- Stored data entries

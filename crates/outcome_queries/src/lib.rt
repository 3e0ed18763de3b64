//! What is asked of the outcomes of a program: which registers and places in memory tell them apart, and which of
//! them a condition holds of. Both are read from text, beside the names of the program.
//!
//! Read in this order: `refused` (why a text is refused), `quoted` (a text with quotation marks), `width` (how many
//! bytes a text says), `placed` (a place in memory by a name, as it is written), `at_name` (which bytes that is),
//! `watched` (a register at a hart, or bytes of memory), `list` (a list of what is watched), `relation` (how numbers are
//! compared), `sign` (a term, cut at its relation), `term` (a term of a condition), `put` (one of what was put out),
//! `condition` (what a condition is), `outer` (where a text is cut), `parsing` (how one is read), `question` (what is
//! asked), `naming` (the name that a text begins with), `watching` (what is watched for a list and terms), `harts` (the
//! harts that terms name), `holding` (whether a condition holds of an outcome).
#![tactic(auto)]

mod at_name;
mod condition;
mod harts;
mod holding;
mod list;
mod naming;
mod outer;
mod parsing;
mod placed;
mod printed;
mod put;
mod question;
mod quoted;
mod refused;
mod relation;
mod sign;
mod term;
mod watched;
mod watching;
mod width;

pub use condition::{Condition, Joint, MOST_LEVELS, MOST_TERMS, Terms, terms_of};
pub use harts::absent_hart;
pub use holding::holds;
pub use list::{WatchList, read_watch_list};
pub use naming::name_asked;
pub use parsing::read_condition;
pub use question::{Answer, Question};
pub use refused::{ConditionRefused, Expected, QueryRefused};
pub use relation::Relation;
pub use term::{Harts, Term};
pub use watched::{Asked, Watched};
pub use watching::{Columns, columns_of, watch_of, with_terms};
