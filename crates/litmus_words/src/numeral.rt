//! What a word is that begins with a digit.

ghost use Rattle.std.specs.Prelude.{◌≡◌, ◌≤◌, ◌<◌, ◌+◌, ◌*◌, ◌^◌, ℕ, true, false, List};
ghost use Rattle.std.specs.Prelude.{All, IfErr, IfNone, IfOk, IfSome};
ghost use Rattle.litmus_words.specs.Numbers.{
  IsHexadecimal,
  SpellsDigits,
  SpellsNumeral,
  digit_value,
  is_digit,
  number_after,
};

use crate::refused::Fault;

/// The number that a word spells: decimal, also with zeros before it, or hexadecimal behind `0x` or `0X`.
pub fn number_of_word(word: &[u8]) -> Result<u32, Fault>
    ensures found { IfOk result (SpellsNumeral word.now) }
    ensures refused { IfErr result (λ _. (number : ℕ) → number < 2 ^ 32 → SpellsNumeral word.now number → ⊥) }
{
    match hexadecimal_digits(word) {
        Some(digits) => number_of(16, digits),
        None => number_of(10, word),
    }
}

/// The digits behind `0x` or `0X`.
fn hexadecimal_digits(word: &[u8]) -> Option<&[u8]>
    ensures found { IfSome result (λ digits. IsHexadecimal word.now digits.now) }
    ensures none { IfNone result ((digits : List ℕ) → IsHexadecimal word.now digits → ⊥) }
{
    let Some((zero, rest)) = word.split_first() else {
        return None;
    };
    if *zero != b'0' {
        return None;
    }
    let Some((letter, digits)) = rest.split_first() else {
        return None;
    };
    if *letter == b'x' {
        return Some(digits);
    }
    if *letter == b'X' {
        return Some(digits);
    }
    None
}

/// The number that digits of a base spell, of which there is one at least.
fn number_of(base: u8, digits: &[u8]) -> Result<u32, Fault>
    requires { (1 ≤ base) × (base ≤ 16) }
    ensures found { IfOk result (SpellsDigits base digits.now) }
    ensures refused { IfErr result (λ _. (number : ℕ) → number < 2 ^ 32 → SpellsDigits base digits.now number → ⊥) }
{
    if digits.is_empty() {
        return Err(Fault::NotOfSubset);
    }
    if !are_digits(base, digits) {
        return Err(Fault::NotOfSubset);
    }
    match number_after(base, digits) {
        Some(number) => Ok(number),
        None => Err(Fault::NumberTooLarge),
    }
}

fn are_digits(base: u8, digits: &[u8]) -> bool
    ensures are { result ≡ true → All (λ digit. is_digit base digit ≡ true) digits.now }
    ensures other { result ≡ false → All (λ digit. is_digit base digit ≡ true) digits.now → ⊥ }
{
    for digit in digits {
        if !is_digit(base, *digit) {
            return false;
        }
    }
    true
}

/// The number that digits write, if it has 32 bits.
fn number_after(base: u8, digits: &[u8]) -> Option<u32>
    requires { (1 ≤ base) × (base ≤ 16) }
    ensures found { IfSome result (λ number. number ≡ number_after base 0 digits.now) }
    ensures none { IfNone result (2 ^ 32 ≤ number_after base 0 digits.now) }
{
    let mut number = 0;
    for digit in digits {
        let Some(more) = with_digit(base, number, *digit) else {
            return None;
        };
        number = more;
    }
    Some(number)
}

/// The number with one digit more.
fn with_digit(base: u8, number: u32, digit: u8) -> Option<u32>
    requires { base ≤ 16 }
    ensures found { IfSome result (λ more. more ≡ number * base + digit_value digit) }
    ensures none { IfNone result (2 ^ 32 ≤ number * base + digit_value digit) }
{
    let more = u64::from(number) * u64::from(base) + u64::from(digit_value(digit));
    if more > u64::from(u32::MAX) {
        return None;
    }
    Some(more as u32)
}

/// Whether a byte is a digit of base 10, or of base 16 in either case.
fn is_digit(base: u8, digit: u8) -> bool
    ensures { result ≡ is_digit base digit }
{
    if base == 16 {
        digit.is_ascii_hexdigit()
    } else {
        digit.is_ascii_digit()
    }
}

/// The number that a digit stands for.
fn digit_value(digit: u8) -> u8
    ensures { result ≡ digit_value digit }
{
    if digit < 58 {
        return digit.saturating_sub(48);
    }
    if digit < 97 {
        return digit.saturating_sub(55);
    }
    digit.saturating_sub(87)
}
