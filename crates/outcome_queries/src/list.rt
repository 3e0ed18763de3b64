//! Lists of what is watched.

ghost use Rattle.std.specs.Prelude.{◌≡◌, ◌∷◌, ◌++◌, [], length, IfOk, IfErr, OnOk};
ghost use Rattle.symbols.specs.Tables.{table_of};
ghost use Rattle.outcome_queries.specs.declared.watched.Asked.{Asked as AnyAsked};
ghost use Rattle.outcome_queries.specs.Asking.{Asks};
ghost use Rattle.outcome_queries.specs.Watched.{IsUnnamed};
ghost use Rattle.outcome_queries.specs.Lists.{IsSeparated, IsRefusedFor, IsPartRefused};

use crate::quoted::split_outside;
use crate::refused::{Expected, QueryRefused};
use crate::watched::{Asked, read_watched};
use arrayvec::ArrayVec;
use symbols::Symbols;
use watched_outcomes::MOST_WATCHED;

/// What is watched, in the order in which it was named.
pub type WatchList<'a> = ArrayVec<Asked<'a>, MOST_WATCHED>;

/// Reads a list of what is watched: registers at harts, and places in memory by their addresses or by names of the
/// program, apart by commas, `MOST_WATCHED` at most, as `a0@1,x5@0,80001000:4,counter`.
pub fn read_watch_list<'a>(
    text: &'a [u8],
    names: &Symbols<'_>,
) -> Result<WatchList<'a>, QueryRefused>
    ensures read { IfOk result (λ list. IsSeparated (Asks (table_of names.now)) 44 text.now list.items) }
    ensures refused { IfErr result
        (IsRefusedFor (Asks (table_of names.now)) (IsUnnamed (table_of names.now)) 44 text.now) }
{
    let mut list = WatchList::new();
    let mut rest = text;
    while let Some((first, others)) = split_outside(rest, b',') {
        take(&mut list, first, names, text.len() - rest.len() + 1)?;
        rest = others;
    }
    match take(&mut list, rest, names, text.len() - rest.len() + 1) {
        Ok(()) => Ok(list),
        Err(refused) => Err(refused),
    }
}

/// Puts what a part names behind a list. The part begins at this column.
fn take<'a>(
    list: &mut WatchList<'a>,
    part: &'a [u8],
    names: &Symbols<'_>,
    column: usize,
) -> Result<(), QueryRefused>
    ensures taken { OnOk result ((one : AnyAsked) × Asks (table_of names.now) part.now one
        × (list.new.items ≡ list.old.items ++ one ∷ [])) }
    ensures refused { IfErr result (λ why. IsPartRefused (Asks (table_of names.now)) (IsUnnamed (table_of names.now))
        (length list.old.items) part.now why.expected) }
    ensures place { IfErr result (λ why. why.column ≡ column) }
{
    let watched = match read_watched(part, names) {
        Ok(watched) => watched,
        Err(expected) => return Err(QueryRefused { column, expected }),
    };
    if list.is_full() {
        return Err(QueryRefused {
            column,
            expected: Expected::End,
        });
    }
    list.push(Asked {
        watched,
        spelled: part,
    });
    Ok(())
}
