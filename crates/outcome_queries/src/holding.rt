//! Whether a condition holds of an outcome.

ghost use Rattle.std.specs.Prelude.{◌≡◌, ◌==◌, ◌&&◌, position, Some};
ghost use Rattle.std.specs.List.{list_all};
ghost use Rattle.outcome_queries.specs.Holding.{condition_holds, term_holds, hart_ended, hart_stopped};
ghost use Rattle.outcome_queries.specs.Holding.{harts_ended, harts_stopped, is_cause, number_of, cause_of};
ghost use Rattle.outcome_queries.specs.Holding.{register_in, word_in, is_same_bytes, at_place, watched_in};

use crate::condition::{Condition, Joint};
use crate::printed::is_printed;
use crate::relation::{Relation, compares, is_told};
use crate::term::{Harts, Term};
use crate::watched::Watched;
use smt_model::Status;
use watched_outcomes::{Outcome, Watch, WatchedBytes, WatchedRegister};

/// Whether a condition holds of an outcome, of which these registers and words were watched.
/// A hart that isn't there has no end, and what isn't watched no number.
pub fn holds(condition: &Condition<'_>, watch: &Watch, outcome: &Outcome) -> bool
    ensures { result ≡ condition_holds watch.now outcome.now condition.now }
{
    match condition {
        Condition::Holds(term) => term_holds(*term, watch, outcome),
        Condition::Not(inner) => !holds(inner, watch, outcome),
        Condition::Grouped(inner) => holds(inner, watch, outcome),
        Condition::Joined(Joint::And, first, others) => {
            holds(first, watch, outcome) && holds(others, watch, outcome)
        }
        Condition::Joined(Joint::Or, first, others) => {
            holds(first, watch, outcome) || holds(others, watch, outcome)
        }
    }
}

fn term_holds(term: Term<'_>, watch: &Watch, outcome: &Outcome) -> bool
    ensures { result ≡ term_holds watch.now outcome.now term.entry }
{
    match term {
        Term::Ended {
            harts,
            relation,
            number,
        } => harts_ended(outcome.statuses.as_slice(), harts, relation, number),
        Term::Stopped {
            harts,
            relation,
            cause,
        } => harts_stopped(outcome.statuses.as_slice(), harts, relation, cause),
        Term::Holds {
            asked,
            relation,
            value,
        } => compares(relation, watched_in(watch, outcome, asked.watched), value),
        Term::Put { digits, relation } => is_told(
            relation,
            is_printed(outcome.output.as_slice(), digits),
        ),
    }
}

/// Whether a hart has ended with such a number, or each has.
fn harts_ended(statuses: &[Status], harts: Harts, relation: Relation, number: u32) -> bool
    ensures { result ≡ harts_ended statuses.now harts relation number }
{
    match harts {
        Harts::One(hart) => hart_ended(statuses.get(usize::from(hart)).copied(), relation, number),
        Harts::Each => each_ended(statuses, relation, number),
    }
}

fn each_ended(statuses: &[Status], relation: Relation, number: u32) -> bool
    ensures { result ≡ list_all (λ status. hart_ended relation number (Some status)) statuses.now }
{
    statuses
        .iter()
        .all(|status| hart_ended(Some(*status), relation, number))
}

fn hart_ended(status: Option<Status>, relation: Relation, number: u32) -> bool
    ensures { result ≡ hart_ended relation number status }
{
    compares(relation, number_of(status), number)
}

/// The number that a hart has ended with.
fn number_of(status: Option<Status>) -> Option<u32>
    ensures { result ≡ number_of status }
{
    match status {
        Some(Status::Ended(number)) => Some(number),
        _ => None,
    }
}

/// Whether a hart has stopped so, or each has.
fn harts_stopped(statuses: &[Status], harts: Harts, relation: Relation, cause: Option<u8>) -> bool
    ensures { result ≡ harts_stopped statuses.now harts relation cause }
{
    match harts {
        Harts::One(hart) => hart_stopped(statuses.get(usize::from(hart)).copied(), relation, cause),
        Harts::Each => each_stopped(statuses, relation, cause),
    }
}

fn each_stopped(statuses: &[Status], relation: Relation, cause: Option<u8>) -> bool
    ensures { result ≡ list_all (λ status. hart_stopped relation cause (Some status)) statuses.now }
{
    statuses
        .iter()
        .all(|status| hart_stopped(Some(*status), relation, cause))
}

fn hart_stopped(status: Option<Status>, relation: Relation, cause: Option<u8>) -> bool
    ensures { result ≡ hart_stopped relation cause status }
{
    is_told(relation, is_cause(cause, cause_of(status)))
}

/// The cause that a hart has stopped with.
fn cause_of(status: Option<Status>) -> Option<u8>
    ensures { result ≡ cause_of status }
{
    match status {
        Some(Status::Stopped(cause)) => Some(cause),
        _ => None,
    }
}

/// Whether there is a cause, and the one that is said where one is.
fn is_cause(said: Option<u8>, found: Option<u8>) -> bool
    ensures { result ≡ is_cause said found }
{
    match (said, found) {
        (_, None) => false,
        (None, Some(_)) => true,
        (Some(said), Some(found)) => found == said,
    }
}

/// The number of what is watched at the end.
fn watched_in(watch: &Watch, outcome: &Outcome, watched: Watched) -> Option<u32>
    ensures { result ≡ watched_in watch.now outcome.now watched }
{
    match watched {
        Watched::Register { hart, register } => register_in(watch, outcome, hart, register),
        Watched::Bytes(bytes) => word_in(watch, outcome, bytes),
    }
}

/// The number of a register at the end, where it is watched.
fn register_in(watch: &Watch, outcome: &Outcome, hart: u8, register: u8) -> Option<u32>
    ensures { result ≡ register_in watch.now outcome.now hart register }
{
    number_at(
        outcome.registers.as_slice(),
        register_place(watch.registers.as_slice(), hart, register),
    )
}

fn register_place(registers: &[WatchedRegister], hart: u8, register: u8) -> Option<usize>
    ensures { result ≡ position (λ w. w.hart == hart && w.register == register) registers.now }
{
    registers.iter().position(|watched| watched.hart == hart && watched.register == register)
}

/// The number that bytes of memory are at the end, where they are watched.
fn word_in(watch: &Watch, outcome: &Outcome, bytes: WatchedBytes) -> Option<u32>
    ensures { result ≡ word_in watch.now outcome.now bytes }
{
    number_at(
        outcome.words.as_slice(),
        word_place(watch.words.as_slice(), bytes),
    )
}

fn word_place(words: &[WatchedBytes], bytes: WatchedBytes) -> Option<usize>
    ensures { result ≡ position (is_same_bytes bytes) words.now }
{
    words
        .iter()
        .position(|watched| is_same_bytes(bytes, *watched))
}

/// Whether bytes are the same: at one address, and as many.
fn is_same_bytes(bytes: WatchedBytes, other: WatchedBytes) -> bool
    ensures { result ≡ is_same_bytes bytes other }
{
    other.address == bytes.address && other.width.bytes() == bytes.width.bytes()
}

/// The number at a place.
fn number_at(numbers: &[u32], place: Option<usize>) -> Option<u32>
    ensures { result ≡ at_place numbers.now place }
{
    match place {
        Some(place) => numbers.get(place).copied(),
        None => None,
    }
}
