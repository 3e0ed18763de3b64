//! The bytes that were put out, as a term says them.

ghost use Rattle.std.specs.Prelude.{◌≡◌, true, false, codes, IfSome, IfNone};
ghost use Rattle.symbols.specs.Tables.{table_of};
ghost use Rattle.outcome_queries.specs.declared.term.Term.{Term as AnyTerm};
ghost use Rattle.outcome_queries.specs.Terms.{Means, IsPut};
ghost use Rattle.outcome_queries.specs.Printed.{is_bytes, IsFree};
ghost use Rattle.std.specs.List.{list_all};
ghost use Rattle.text_fields.specs.Reading.{is_hex_digit};

use crate::relation::is_equality;
use crate::sign::Cut;
use crate::term::Term;
use symbols::{Meaning, Name, Symbols, meaning_of};

/// What was put out: `out` and the bytes, two hexadecimal digits each, where the program has nothing of that name.
pub(crate) fn read_put<'a>(cut: Cut<'a>, names: &Symbols<'_>) -> Option<Term<'a>>
    ensures found { IfSome result (λ term. IsPut term
        × Means (table_of names.now) cut.entry.left.now cut.entry.relation cut.entry.right.now term) }
    ensures none { IfNone result ((term : AnyTerm) → IsPut term
        → Means (table_of names.now) cut.entry.left.now cut.entry.relation cut.entry.right.now term → ⊥) }
{
    if !is_out(cut.left) {
        return None;
    }
    if !is_equality(cut.relation) {
        return None;
    }
    if !is_bytes(cut.right) {
        return None;
    }
    if !is_free(names, cut.left) {
        return None;
    }
    Some(Term::Put {
        digits: cut.right,
        relation: cut.relation,
    })
}

fn is_out(text: &[u8]) -> bool
    ensures is { result ≡ true → text.now ≡ codes "out" }
    ensures other { result ≡ false → text.now ≡ codes "out" → ⊥ }
{
    text == b"out".as_slice()
}

/// Whether a text is bytes, two lower-case hexadecimal digits each.
fn is_bytes(text: &[u8]) -> bool
    ensures { result ≡ is_bytes text.now }
{
    text.len() % 2 == 0 && are_digits(text)
}

fn are_digits(text: &[u8]) -> bool
    ensures { result ≡ list_all is_hex_digit text.now }
{
    text.iter().all(|byte| byte.is_ascii_digit() || (*byte >= b'a' && *byte <= b'f'))
}

/// Whether nothing in the program has this name.
fn is_free(names: &Symbols<'_>, name: &[u8]) -> bool
    ensures free { result ≡ true → IsFree (table_of names.now) name.now }
    ensures taken { result ≡ false → IsFree (table_of names.now) name.now → ⊥ }
{
    let name = Name { file: None, name };
    match meaning_of(names, &name) {
        Meaning::Nothing => true,
        Meaning::One(_) | Meaning::Several => false,
    }
}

- ASSIGNMENT
Scan the entries for the word "WatchedRegister". Report each line that has it.

- SOLUTION BELOW
use watched_outcomes::{Outcome, Watch, WatchedBytes, WatchedRegister};
fn register_place(registers: &[WatchedRegister], hart: u8, register: u8) -> Option<usize>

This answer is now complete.